◆ **Your instructions**: Copy each line of the data that has "local" in it.

◆ **Excerpted records**:
>>>

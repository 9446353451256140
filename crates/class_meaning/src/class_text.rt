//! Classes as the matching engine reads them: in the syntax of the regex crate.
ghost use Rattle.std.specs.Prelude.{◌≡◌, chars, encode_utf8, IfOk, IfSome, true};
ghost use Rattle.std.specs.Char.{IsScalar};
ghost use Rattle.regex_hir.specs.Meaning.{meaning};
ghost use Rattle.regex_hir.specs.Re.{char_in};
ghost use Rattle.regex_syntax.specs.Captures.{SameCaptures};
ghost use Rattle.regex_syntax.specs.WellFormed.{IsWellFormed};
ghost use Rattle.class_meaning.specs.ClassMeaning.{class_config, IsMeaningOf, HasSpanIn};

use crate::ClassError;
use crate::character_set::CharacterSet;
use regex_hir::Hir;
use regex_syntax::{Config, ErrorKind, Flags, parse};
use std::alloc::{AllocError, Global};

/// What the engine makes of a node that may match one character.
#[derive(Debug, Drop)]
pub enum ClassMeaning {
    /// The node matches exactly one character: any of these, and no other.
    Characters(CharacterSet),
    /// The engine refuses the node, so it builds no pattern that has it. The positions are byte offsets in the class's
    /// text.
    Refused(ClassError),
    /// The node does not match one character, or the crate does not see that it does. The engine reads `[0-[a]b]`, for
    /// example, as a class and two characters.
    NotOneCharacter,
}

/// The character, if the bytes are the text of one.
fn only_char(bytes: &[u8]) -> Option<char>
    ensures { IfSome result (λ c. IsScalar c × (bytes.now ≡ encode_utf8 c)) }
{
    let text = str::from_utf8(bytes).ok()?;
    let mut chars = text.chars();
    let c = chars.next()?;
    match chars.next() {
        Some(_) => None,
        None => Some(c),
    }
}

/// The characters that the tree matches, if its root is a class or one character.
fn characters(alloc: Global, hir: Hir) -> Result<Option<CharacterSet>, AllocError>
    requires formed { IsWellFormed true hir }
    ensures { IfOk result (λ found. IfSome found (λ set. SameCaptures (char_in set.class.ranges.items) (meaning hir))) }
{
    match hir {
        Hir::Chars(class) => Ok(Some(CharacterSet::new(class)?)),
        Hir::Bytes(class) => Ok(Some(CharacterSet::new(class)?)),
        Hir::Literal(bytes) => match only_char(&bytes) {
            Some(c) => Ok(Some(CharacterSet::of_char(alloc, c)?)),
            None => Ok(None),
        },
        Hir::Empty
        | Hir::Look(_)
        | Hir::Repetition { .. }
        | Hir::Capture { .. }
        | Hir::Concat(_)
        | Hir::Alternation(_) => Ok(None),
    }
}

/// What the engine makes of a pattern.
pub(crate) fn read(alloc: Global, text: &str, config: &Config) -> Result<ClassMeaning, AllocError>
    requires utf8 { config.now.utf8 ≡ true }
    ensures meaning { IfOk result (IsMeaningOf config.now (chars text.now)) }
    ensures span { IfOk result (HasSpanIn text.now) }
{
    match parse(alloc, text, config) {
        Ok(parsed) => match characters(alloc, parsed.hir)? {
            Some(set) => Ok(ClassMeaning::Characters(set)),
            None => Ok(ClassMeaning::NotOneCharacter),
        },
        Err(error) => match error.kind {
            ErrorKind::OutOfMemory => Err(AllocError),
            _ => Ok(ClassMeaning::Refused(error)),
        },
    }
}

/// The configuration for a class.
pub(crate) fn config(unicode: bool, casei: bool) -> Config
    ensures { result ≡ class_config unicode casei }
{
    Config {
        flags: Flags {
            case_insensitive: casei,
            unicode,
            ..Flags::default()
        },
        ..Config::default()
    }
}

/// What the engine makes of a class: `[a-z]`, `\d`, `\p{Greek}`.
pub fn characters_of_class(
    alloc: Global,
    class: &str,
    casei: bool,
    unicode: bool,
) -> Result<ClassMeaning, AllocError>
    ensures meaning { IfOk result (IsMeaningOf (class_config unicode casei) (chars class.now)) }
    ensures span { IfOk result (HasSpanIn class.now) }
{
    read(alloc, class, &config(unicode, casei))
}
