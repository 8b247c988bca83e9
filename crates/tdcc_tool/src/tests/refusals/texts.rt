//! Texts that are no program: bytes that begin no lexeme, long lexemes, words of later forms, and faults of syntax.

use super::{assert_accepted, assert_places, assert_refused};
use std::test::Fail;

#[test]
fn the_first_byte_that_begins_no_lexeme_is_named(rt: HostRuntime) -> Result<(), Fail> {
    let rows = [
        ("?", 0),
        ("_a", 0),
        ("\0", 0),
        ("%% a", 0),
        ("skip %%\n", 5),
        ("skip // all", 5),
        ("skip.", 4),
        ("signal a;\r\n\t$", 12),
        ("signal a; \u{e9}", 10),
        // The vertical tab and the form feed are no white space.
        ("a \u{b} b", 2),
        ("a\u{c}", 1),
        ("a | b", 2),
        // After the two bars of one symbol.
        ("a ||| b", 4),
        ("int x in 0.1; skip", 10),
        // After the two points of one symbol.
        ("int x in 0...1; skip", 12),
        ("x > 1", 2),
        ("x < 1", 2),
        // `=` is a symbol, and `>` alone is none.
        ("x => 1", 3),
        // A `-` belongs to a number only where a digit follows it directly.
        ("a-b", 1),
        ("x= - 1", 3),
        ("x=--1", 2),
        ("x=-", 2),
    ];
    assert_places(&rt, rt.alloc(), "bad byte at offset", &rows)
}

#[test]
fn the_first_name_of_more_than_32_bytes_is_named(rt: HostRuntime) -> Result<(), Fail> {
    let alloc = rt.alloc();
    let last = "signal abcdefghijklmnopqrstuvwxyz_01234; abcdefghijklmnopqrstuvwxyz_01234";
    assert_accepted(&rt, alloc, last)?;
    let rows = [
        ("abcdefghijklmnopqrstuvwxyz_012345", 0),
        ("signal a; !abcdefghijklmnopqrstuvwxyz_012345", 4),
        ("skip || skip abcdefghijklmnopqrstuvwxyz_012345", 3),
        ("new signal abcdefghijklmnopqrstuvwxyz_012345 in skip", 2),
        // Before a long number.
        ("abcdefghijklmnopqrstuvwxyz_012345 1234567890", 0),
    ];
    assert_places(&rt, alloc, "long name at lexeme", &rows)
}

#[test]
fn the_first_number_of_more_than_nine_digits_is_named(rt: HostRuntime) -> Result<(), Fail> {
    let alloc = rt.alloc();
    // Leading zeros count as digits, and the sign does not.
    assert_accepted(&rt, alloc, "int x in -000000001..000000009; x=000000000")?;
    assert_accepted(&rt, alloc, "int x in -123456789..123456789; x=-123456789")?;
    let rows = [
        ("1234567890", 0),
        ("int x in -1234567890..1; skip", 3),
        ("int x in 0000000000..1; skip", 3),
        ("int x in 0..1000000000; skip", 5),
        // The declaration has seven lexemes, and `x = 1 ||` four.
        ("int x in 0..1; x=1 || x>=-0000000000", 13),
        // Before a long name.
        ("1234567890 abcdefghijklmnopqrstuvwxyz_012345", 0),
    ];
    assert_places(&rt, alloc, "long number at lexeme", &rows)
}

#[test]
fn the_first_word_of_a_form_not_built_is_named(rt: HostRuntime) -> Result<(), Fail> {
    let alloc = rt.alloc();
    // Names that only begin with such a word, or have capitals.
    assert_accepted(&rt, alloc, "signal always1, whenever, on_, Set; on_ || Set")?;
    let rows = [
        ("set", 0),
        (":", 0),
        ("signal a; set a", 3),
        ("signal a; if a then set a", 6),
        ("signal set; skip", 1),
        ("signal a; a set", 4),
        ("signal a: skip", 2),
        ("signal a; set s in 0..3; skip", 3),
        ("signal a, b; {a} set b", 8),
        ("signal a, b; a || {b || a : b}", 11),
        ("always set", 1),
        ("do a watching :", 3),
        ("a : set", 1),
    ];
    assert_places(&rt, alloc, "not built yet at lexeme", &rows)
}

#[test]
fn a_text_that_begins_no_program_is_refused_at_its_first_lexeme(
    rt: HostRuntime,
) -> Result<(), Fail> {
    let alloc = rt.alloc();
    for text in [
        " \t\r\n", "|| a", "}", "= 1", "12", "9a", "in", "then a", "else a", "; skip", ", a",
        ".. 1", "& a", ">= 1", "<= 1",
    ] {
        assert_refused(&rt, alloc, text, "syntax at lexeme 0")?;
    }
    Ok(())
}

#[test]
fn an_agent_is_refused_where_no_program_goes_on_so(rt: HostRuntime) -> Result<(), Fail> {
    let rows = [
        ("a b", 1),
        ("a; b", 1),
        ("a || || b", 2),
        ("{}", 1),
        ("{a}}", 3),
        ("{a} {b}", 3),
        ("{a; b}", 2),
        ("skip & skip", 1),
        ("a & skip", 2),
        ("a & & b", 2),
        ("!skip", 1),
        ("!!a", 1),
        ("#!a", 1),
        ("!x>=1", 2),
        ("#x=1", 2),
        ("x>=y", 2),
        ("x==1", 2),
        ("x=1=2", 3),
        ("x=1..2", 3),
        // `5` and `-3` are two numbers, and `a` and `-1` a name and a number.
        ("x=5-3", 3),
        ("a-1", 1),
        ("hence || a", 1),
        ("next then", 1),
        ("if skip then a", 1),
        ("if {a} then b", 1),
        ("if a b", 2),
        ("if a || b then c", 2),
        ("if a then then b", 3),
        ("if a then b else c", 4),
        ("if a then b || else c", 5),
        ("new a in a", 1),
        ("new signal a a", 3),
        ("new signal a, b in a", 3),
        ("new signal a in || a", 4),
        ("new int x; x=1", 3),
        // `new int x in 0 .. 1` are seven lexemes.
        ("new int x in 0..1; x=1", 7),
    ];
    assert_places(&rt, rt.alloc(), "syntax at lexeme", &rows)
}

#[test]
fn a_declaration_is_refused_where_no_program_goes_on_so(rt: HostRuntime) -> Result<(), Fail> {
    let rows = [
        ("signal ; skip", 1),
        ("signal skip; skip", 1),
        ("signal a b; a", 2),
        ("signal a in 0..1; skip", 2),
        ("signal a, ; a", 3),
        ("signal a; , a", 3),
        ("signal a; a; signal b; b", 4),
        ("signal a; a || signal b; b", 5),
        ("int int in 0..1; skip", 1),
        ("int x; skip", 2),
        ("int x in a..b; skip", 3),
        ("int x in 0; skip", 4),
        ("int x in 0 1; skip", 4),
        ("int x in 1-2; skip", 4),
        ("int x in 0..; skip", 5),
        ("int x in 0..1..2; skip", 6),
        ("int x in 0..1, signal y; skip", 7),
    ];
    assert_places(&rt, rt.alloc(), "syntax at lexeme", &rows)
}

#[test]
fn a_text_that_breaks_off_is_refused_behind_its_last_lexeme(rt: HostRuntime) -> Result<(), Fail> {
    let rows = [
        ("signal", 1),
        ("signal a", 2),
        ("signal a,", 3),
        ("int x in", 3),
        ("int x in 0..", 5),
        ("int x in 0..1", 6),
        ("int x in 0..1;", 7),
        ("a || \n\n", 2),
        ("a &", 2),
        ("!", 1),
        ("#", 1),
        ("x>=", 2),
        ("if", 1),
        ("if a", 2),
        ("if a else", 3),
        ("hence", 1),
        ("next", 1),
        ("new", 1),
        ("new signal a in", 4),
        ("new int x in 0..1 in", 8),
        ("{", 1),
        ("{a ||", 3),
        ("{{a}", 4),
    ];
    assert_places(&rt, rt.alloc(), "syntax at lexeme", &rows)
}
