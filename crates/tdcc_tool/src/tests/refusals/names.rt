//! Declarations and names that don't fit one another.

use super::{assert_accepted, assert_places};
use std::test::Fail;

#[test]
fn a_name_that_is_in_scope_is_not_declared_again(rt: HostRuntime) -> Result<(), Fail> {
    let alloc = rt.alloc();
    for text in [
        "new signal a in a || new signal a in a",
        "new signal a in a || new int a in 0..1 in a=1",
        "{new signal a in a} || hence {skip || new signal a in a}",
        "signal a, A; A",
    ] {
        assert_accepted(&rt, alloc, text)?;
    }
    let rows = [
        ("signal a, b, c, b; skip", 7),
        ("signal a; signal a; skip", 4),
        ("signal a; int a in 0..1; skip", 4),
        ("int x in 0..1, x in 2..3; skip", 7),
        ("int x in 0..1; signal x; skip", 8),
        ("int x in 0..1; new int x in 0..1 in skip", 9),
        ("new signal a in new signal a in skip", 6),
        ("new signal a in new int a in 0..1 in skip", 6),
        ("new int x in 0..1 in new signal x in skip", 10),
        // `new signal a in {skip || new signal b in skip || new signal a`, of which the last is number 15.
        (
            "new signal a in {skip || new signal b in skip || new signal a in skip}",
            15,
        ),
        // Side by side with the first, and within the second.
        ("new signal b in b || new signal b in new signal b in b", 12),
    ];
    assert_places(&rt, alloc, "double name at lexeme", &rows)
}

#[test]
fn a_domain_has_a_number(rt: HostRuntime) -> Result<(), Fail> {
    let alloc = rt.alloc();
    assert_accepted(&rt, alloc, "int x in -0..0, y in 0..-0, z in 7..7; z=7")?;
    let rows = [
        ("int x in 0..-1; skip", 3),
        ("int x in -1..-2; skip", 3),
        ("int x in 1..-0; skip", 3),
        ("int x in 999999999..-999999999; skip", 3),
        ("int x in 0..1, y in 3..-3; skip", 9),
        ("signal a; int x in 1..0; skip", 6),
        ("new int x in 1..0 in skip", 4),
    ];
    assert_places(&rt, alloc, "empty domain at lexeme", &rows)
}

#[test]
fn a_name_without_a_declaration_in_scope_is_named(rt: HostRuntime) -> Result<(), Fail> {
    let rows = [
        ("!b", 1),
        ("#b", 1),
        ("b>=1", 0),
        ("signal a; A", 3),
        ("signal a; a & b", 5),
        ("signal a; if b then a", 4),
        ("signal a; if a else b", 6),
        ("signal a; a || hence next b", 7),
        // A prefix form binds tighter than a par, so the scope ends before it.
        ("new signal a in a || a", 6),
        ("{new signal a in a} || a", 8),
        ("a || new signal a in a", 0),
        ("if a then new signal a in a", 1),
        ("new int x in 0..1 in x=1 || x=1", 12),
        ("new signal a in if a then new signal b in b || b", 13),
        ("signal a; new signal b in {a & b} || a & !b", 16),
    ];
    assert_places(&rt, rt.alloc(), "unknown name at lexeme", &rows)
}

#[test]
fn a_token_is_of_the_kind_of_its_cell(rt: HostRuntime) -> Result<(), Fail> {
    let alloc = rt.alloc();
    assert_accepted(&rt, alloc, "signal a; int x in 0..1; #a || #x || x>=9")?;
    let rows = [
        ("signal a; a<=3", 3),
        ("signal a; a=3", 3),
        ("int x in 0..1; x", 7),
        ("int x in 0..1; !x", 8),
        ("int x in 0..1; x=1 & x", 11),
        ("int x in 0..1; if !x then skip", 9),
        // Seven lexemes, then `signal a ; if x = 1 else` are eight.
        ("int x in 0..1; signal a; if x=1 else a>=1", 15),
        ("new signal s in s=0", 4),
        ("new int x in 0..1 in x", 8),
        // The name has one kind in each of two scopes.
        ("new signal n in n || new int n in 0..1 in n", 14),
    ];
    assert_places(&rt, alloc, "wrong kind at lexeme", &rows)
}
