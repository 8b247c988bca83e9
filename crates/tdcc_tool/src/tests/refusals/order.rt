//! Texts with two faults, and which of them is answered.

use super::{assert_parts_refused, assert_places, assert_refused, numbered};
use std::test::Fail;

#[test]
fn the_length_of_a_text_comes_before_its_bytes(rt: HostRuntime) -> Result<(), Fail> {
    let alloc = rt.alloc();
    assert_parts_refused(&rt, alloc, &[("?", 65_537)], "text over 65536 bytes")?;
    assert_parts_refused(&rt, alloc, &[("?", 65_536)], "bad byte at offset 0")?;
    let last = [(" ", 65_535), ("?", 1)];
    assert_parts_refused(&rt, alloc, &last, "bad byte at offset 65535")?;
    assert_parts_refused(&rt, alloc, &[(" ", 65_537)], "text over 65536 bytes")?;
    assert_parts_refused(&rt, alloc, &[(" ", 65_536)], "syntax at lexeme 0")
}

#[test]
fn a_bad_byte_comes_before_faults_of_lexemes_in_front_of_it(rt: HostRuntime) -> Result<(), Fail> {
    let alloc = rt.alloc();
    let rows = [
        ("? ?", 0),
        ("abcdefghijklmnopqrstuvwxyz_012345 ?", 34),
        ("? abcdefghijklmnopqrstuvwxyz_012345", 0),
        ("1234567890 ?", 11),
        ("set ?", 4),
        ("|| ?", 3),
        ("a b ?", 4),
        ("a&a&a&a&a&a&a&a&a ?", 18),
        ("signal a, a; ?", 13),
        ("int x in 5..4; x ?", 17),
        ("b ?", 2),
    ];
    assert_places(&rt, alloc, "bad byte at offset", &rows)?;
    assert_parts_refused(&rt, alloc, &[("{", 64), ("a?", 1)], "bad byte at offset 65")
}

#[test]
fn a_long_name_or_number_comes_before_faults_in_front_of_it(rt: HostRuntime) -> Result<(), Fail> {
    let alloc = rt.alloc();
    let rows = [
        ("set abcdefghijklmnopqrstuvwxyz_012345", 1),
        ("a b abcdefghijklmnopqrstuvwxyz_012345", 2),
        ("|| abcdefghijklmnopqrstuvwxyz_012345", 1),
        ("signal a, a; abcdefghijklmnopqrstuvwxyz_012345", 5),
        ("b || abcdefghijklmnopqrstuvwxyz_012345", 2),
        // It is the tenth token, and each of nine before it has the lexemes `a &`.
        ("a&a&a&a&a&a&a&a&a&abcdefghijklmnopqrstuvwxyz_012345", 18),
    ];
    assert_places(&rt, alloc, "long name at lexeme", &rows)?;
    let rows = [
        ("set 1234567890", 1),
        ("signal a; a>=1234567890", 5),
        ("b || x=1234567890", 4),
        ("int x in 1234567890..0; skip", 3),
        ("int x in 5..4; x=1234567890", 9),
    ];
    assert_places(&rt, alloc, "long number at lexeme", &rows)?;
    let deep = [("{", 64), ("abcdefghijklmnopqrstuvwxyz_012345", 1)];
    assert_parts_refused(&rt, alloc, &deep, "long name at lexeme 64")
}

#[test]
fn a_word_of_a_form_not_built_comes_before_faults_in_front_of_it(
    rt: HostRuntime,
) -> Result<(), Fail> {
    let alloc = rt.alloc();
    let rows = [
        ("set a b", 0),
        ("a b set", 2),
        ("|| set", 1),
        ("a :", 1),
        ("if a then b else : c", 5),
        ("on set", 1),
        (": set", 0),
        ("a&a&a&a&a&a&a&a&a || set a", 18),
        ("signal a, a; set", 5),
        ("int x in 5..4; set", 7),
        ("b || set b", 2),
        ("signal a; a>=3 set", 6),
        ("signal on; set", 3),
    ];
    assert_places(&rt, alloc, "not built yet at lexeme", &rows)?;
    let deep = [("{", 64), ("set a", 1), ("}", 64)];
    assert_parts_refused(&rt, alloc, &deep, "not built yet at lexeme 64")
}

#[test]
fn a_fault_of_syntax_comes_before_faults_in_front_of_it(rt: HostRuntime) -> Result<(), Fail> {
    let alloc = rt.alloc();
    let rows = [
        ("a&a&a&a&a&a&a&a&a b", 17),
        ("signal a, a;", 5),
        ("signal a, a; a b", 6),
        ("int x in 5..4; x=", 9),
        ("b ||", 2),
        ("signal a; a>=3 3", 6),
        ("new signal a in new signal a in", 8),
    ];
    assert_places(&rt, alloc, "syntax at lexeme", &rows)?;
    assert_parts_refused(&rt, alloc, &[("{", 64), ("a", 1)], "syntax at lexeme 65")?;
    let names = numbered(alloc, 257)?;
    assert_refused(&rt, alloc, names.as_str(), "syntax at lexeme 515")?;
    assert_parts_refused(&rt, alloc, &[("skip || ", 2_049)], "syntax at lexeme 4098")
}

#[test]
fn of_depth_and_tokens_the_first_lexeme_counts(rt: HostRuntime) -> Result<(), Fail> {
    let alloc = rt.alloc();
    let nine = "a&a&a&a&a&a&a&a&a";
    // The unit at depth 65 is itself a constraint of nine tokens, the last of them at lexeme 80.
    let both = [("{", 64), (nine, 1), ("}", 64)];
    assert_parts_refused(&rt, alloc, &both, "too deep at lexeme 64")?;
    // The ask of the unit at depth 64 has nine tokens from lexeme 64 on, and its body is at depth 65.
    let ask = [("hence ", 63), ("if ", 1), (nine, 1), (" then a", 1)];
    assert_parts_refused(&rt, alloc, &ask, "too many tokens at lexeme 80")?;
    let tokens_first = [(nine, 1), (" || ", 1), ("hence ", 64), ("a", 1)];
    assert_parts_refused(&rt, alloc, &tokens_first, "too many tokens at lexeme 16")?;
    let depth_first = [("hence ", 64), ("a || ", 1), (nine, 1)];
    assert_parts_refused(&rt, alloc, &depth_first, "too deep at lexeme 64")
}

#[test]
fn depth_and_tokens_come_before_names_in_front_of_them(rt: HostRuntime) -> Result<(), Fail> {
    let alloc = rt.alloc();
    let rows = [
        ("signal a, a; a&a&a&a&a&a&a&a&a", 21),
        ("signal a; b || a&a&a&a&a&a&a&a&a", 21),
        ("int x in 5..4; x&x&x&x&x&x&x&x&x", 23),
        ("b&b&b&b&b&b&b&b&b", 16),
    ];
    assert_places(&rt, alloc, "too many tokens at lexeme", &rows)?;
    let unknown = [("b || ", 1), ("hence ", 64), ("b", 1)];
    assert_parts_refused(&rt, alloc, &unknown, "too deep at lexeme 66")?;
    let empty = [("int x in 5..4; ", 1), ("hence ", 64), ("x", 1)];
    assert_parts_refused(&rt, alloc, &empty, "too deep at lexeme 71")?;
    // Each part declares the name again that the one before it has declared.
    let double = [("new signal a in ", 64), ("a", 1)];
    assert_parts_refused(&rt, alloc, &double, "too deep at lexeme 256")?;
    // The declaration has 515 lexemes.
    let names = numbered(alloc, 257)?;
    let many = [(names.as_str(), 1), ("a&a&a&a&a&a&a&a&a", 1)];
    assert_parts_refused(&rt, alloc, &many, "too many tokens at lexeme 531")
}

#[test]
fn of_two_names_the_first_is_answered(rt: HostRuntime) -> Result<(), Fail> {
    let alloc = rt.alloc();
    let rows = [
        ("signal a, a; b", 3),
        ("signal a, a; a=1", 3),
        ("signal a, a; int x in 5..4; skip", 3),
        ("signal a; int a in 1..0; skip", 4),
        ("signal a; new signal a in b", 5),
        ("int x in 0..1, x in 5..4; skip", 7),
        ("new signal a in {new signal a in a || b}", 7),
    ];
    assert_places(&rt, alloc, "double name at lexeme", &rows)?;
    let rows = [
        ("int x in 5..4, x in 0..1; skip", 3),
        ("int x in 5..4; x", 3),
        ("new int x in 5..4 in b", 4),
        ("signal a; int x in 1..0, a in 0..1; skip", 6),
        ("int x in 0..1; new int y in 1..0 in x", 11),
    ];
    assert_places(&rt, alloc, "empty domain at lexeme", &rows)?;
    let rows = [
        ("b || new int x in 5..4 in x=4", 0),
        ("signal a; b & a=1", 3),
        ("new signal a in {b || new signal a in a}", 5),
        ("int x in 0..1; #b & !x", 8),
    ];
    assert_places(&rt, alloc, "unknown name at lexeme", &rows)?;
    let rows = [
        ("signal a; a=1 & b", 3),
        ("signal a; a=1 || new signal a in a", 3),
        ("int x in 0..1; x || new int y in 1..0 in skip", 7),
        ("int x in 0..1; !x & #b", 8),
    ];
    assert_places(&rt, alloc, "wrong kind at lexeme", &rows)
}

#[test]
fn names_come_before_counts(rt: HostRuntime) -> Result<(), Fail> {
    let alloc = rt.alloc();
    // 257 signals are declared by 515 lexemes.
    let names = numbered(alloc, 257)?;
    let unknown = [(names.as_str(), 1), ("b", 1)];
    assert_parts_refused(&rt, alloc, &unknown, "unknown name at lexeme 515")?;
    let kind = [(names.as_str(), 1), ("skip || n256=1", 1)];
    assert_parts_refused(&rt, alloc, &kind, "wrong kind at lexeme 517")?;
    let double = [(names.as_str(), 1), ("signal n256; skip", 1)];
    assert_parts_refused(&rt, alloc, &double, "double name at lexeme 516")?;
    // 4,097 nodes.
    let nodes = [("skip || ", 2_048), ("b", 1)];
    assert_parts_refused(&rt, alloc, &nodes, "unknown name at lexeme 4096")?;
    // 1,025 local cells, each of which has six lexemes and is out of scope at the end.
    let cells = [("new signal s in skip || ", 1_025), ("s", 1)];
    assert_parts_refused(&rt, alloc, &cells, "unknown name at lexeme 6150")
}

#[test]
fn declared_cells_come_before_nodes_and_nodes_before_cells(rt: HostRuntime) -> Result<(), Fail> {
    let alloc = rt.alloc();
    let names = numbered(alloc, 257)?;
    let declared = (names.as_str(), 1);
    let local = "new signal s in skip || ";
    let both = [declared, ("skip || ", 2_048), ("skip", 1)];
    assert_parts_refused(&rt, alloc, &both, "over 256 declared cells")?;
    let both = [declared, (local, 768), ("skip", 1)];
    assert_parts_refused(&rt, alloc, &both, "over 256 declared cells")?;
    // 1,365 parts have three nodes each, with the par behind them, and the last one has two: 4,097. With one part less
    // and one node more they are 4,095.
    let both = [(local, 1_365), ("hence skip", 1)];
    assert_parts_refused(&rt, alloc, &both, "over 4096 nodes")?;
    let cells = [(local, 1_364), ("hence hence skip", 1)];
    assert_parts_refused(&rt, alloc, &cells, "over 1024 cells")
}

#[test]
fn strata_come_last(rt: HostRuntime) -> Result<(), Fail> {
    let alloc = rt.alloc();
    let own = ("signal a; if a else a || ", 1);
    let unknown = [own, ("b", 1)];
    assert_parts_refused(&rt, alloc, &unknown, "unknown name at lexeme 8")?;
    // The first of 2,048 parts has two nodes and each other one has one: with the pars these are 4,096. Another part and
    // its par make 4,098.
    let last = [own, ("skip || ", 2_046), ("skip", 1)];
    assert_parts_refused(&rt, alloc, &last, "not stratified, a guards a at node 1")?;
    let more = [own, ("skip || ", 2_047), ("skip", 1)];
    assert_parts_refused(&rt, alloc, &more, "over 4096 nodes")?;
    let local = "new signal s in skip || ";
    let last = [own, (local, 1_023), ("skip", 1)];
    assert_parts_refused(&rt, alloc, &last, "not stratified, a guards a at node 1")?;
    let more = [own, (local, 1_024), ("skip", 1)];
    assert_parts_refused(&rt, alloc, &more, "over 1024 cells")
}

<<<

◆ **Result of this exercise**:
    // 1,025 local cells, each of which has six lexemes and is out of scope at the end.
    let local = "new signal s in skip || ";
    let both = [declared, (local, 768), ("skip", 1)];
    let both = [(local, 1_365), ("hence skip", 1)];
    let cells = [(local, 1_364), ("hence hence skip", 1)];
    let local = "new signal s in skip || ";
    let last = [own, (local, 1_023), ("skip", 1)];
    let more = [own, (local, 1_024), ("skip", 1)];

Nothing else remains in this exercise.